Vós vos amontoais junto ao próximo e tendes belas palavras para isso. Mas eu vos digo: vosso amor ao próximo é vosso mau amor por vós mesmos.
Fugis de vós mesmos em direção ao próximo, e desejaríeis fazer disso uma virtude: mas eu enxergo através de vosso “desinteresse”.
O Tu é mais antigo que o Eu; o Tu foi santificado, mas o Eu ainda não: assim, o homem se apressa para junto do próximo.
Eu vos aconselho o amor ao próximo? Aconselho-vos antes a fuga ao próximo e o amor ao distante!
Mais alto que o amor ao próximo está o amor ao distante e futuro; ainda mais alto que o amor aos homens está o amor a coisas e fantasmas.
Esse fantasma que corre à tua frente, meu irmão, é mais belo do que tu; por que não lhe dás tua carne e teus ossos? Mas tens medo e corres para teu próximo.
Não suportais a vós mesmos e não vos amais o bastante: por isso quereis induzir o próximo a vos amar, dourando-vos com seu erro.
Eu quisera que não suportásseis qualquer tipo de próximo e seus vizinhos; então teríeis de criar, de dentro de vós mesmos, vosso amigo e seu coração transbordante.
Convidais uma testemunha quando quereis falar bem de vós mesmos; e, quando a haveis induzido a falar bem de vós, pensais vós mesmos bem de vós.
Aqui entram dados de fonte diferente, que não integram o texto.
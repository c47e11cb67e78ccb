ghost use Rattle.std.specs.Prelude.{◌≡◌, ◌+◌, [], ◌∷◌};
ghost use Rattle.gx_check.specs.Verdicts.{counts_of};
ghost use Rattle.gx_check.specs.Counting.{IsFew, plus as plus_of};

use crate::Verdict;

/// How many daughters and pairs of daughters were judged, and how many verdicts refute.
#[derive(Clone, Copy, Debug, PartialEq, Eq)]
pub struct Counts {
    pub daughters: u64,
    pub pairs: u64,
    pub refuted: u64,
}

impl Counts {
    pub(crate) fn none() -> Counts
        ensures { result ≡ counts_of [] }
    {
        Counts {
            daughters: 0,
            pairs: 0,
            refuted: 0,
        }
    }

    /// One pair, which isn't refuted.
    pub(crate) fn pair() -> Counts
        ensures { result ≡ record { daughters = 0; pairs = 1; refuted = 0 } }
    {
        Counts {
            daughters: 0,
            pairs: 1,
            refuted: 0,
        }
    }

    pub(crate) fn of(verdict: &Verdict) -> Counts
        ensures { result ≡ counts_of (verdict.now ∷ []) }
    {
        let refuted = u64::from(verdict.refutes());
        match verdict {
            Verdict::Inner { .. } | Verdict::Outer { .. } => Counts {
                daughters: 1,
                pairs: 0,
                refuted,
            },
            Verdict::Apart { .. } | Verdict::Overlap { .. } => Counts {
                daughters: 0,
                pairs: 1,
                refuted,
            },
        }
    }

    pub(crate) fn plus(self, other: Counts) -> Counts
        requires few { IsFew self }
        requires other_few { IsFew other }
        ensures { result ≡ plus_of self other }
    {
        Counts {
            daughters: self.daughters + other.daughters,
            pairs: self.pairs + other.pairs,
            refuted: self.refuted + other.refuted,
        }
    }
}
Não mente apenas aquele que fala contrariando o que sabe, mas sobretudo aquele que fala contrariando o que não sabe. E assim falais de vós mesmos aos outros, e mentis a vós e ao próximo.
Assim fala o louco: “O comércio com os homens estraga o caráter, principalmente quando não se tem caráter”.
Esse vai ao próximo porque busca a si mesmo, e o outro, porque busca se perder. Vosso mau amor a vós mesmos transforma em prisão vossa solidão.
São os menos próximos que pagam pelo vosso amor ao próximo; e, quando cinco de vós vos reunis, há um sexto que tem de morrer.
Tampouco amo vossas festas: nelas encontrei atores demais, e também os espectadores se portavam frequentemente como atores.
Não vos ensino o próximo, mas o amigo. Que o amigo seja, para vós, a festa da terra e uma premonição do super-homem.
Eu vos ensino o amigo e seu coração mais que pleno. Mas há que saber ser uma esponja, quando se quer ser amado por um coração mais que pleno.
Eu vos ensino o amigo em que o mundo se acha pronto, um invólucro do bem — o amigo criador, que tem sempre um mundo pronto para oferecer.
E, assim como o mundo se desenrolou para ele, enrola-se novamente em círculos, como o devir do bem a partir do mal, como o devir das finalidades a partir do acaso.
Que o futuro e o mais distante sejam para ti a causa do teu hoje: no teu amigo deves amar o super-homem como tua causa.
Meus irmãos, não vos aconselho o amor ao próximo: aconselho-vos o amor ao mais distante.
Assim falou Zaratustra.
(Friedrich Nietzsche "assim falou Zaratustra")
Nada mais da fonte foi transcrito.